» WORK REQUEST
A single number is the answer here: how many lines of the entries contain "StoredPlan"?

» TASK MATERIAL
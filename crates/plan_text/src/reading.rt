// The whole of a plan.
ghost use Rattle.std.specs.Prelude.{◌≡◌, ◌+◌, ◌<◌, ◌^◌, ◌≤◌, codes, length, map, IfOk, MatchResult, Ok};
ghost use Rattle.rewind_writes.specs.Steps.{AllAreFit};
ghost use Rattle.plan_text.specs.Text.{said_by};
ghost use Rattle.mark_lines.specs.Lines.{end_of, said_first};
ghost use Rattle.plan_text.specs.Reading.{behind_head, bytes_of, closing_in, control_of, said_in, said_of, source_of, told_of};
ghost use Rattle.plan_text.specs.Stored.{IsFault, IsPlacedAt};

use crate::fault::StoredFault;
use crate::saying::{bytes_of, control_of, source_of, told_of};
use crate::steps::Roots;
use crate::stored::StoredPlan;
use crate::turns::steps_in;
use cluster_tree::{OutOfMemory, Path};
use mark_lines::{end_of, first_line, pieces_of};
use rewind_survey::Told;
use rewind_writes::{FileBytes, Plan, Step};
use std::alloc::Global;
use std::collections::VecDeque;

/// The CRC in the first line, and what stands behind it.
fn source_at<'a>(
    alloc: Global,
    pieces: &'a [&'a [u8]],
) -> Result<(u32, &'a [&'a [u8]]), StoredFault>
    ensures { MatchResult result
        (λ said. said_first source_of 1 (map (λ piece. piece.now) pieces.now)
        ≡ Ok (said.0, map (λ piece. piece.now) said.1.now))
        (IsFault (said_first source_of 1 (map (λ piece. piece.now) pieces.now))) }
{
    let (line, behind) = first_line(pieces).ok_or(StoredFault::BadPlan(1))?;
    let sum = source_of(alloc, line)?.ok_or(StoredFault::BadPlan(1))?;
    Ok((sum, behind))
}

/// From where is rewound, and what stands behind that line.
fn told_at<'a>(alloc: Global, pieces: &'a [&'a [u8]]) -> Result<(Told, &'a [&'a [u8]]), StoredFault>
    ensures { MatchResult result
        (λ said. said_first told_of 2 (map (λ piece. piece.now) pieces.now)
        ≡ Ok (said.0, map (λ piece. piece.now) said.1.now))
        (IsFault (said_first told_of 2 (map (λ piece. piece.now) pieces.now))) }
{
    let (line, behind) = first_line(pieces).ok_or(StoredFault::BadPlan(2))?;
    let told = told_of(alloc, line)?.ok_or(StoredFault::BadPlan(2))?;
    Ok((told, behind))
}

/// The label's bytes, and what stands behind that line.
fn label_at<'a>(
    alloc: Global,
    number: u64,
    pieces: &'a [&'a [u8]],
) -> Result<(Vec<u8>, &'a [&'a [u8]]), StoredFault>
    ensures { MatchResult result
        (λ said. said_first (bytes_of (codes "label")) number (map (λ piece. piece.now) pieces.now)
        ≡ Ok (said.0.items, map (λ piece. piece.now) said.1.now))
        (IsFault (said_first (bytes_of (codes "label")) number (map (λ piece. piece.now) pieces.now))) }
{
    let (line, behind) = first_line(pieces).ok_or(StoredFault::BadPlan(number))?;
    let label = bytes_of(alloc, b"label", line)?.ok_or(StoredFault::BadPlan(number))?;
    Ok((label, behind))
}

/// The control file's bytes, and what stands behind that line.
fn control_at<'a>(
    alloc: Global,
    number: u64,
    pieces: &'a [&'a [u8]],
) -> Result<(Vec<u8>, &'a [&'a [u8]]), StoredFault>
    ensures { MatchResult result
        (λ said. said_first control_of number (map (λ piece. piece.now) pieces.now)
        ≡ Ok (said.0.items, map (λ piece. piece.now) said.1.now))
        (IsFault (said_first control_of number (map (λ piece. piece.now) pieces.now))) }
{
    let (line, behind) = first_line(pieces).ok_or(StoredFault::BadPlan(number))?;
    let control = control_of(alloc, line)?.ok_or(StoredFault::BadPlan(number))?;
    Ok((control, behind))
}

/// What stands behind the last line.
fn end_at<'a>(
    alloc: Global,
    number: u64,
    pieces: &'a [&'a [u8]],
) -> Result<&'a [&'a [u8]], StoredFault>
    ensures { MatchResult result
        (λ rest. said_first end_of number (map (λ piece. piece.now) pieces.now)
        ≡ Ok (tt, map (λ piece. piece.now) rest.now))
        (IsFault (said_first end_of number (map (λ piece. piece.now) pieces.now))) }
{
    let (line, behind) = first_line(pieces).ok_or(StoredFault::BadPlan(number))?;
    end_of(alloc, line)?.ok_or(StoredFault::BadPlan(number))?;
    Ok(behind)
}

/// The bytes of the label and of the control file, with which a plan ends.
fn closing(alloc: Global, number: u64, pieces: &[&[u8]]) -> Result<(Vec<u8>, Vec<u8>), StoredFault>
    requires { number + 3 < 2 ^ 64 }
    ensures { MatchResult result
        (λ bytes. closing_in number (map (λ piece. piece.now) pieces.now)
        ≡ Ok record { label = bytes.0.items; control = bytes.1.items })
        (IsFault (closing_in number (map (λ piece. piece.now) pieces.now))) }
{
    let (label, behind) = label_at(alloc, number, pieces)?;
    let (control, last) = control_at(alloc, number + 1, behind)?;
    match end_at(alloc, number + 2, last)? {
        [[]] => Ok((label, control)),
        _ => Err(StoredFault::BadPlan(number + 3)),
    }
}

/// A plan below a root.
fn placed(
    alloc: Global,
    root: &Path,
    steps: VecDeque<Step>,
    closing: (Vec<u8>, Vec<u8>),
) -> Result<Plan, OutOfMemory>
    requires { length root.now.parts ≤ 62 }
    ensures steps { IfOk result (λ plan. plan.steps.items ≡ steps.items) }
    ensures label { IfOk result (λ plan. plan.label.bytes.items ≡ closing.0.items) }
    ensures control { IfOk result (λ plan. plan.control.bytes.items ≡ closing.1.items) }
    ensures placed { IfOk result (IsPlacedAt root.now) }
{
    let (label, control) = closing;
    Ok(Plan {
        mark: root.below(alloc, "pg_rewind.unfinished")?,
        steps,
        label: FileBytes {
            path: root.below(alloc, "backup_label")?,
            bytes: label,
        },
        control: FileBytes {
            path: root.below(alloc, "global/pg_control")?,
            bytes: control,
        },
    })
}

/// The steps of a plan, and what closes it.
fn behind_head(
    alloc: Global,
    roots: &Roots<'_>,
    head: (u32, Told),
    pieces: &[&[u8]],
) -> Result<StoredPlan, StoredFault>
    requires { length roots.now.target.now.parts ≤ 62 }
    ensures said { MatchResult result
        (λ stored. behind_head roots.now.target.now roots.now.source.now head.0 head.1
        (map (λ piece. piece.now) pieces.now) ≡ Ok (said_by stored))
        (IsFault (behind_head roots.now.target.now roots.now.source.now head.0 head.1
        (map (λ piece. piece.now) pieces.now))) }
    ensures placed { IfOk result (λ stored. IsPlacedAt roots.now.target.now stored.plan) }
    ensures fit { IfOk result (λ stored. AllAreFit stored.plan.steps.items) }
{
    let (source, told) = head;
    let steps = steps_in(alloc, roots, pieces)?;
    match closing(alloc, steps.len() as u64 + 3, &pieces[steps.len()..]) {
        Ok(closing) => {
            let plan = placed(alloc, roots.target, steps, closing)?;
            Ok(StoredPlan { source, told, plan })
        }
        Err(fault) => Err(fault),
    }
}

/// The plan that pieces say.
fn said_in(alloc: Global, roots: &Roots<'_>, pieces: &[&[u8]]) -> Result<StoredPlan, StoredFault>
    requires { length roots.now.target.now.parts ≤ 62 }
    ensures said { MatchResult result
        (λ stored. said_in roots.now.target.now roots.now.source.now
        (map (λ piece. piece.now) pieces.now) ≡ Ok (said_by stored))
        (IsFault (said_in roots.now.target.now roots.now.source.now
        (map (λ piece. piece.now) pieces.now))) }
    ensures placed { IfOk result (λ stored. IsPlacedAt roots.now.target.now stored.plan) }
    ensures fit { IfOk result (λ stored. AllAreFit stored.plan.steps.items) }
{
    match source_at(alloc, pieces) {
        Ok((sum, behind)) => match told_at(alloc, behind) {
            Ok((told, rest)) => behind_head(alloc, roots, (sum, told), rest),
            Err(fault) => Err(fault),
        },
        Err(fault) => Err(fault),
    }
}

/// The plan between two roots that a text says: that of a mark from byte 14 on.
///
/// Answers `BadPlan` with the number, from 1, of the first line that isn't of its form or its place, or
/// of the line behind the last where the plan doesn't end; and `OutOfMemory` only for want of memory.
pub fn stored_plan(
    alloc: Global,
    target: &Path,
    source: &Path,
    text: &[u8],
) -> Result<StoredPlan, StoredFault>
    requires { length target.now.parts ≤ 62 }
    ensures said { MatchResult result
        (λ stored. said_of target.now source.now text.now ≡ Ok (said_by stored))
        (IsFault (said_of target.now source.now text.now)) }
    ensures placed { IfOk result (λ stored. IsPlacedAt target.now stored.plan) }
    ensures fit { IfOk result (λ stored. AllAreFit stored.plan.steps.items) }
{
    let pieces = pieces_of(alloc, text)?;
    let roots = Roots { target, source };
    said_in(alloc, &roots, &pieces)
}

» ANSWER FOR THIS EXERCISE
5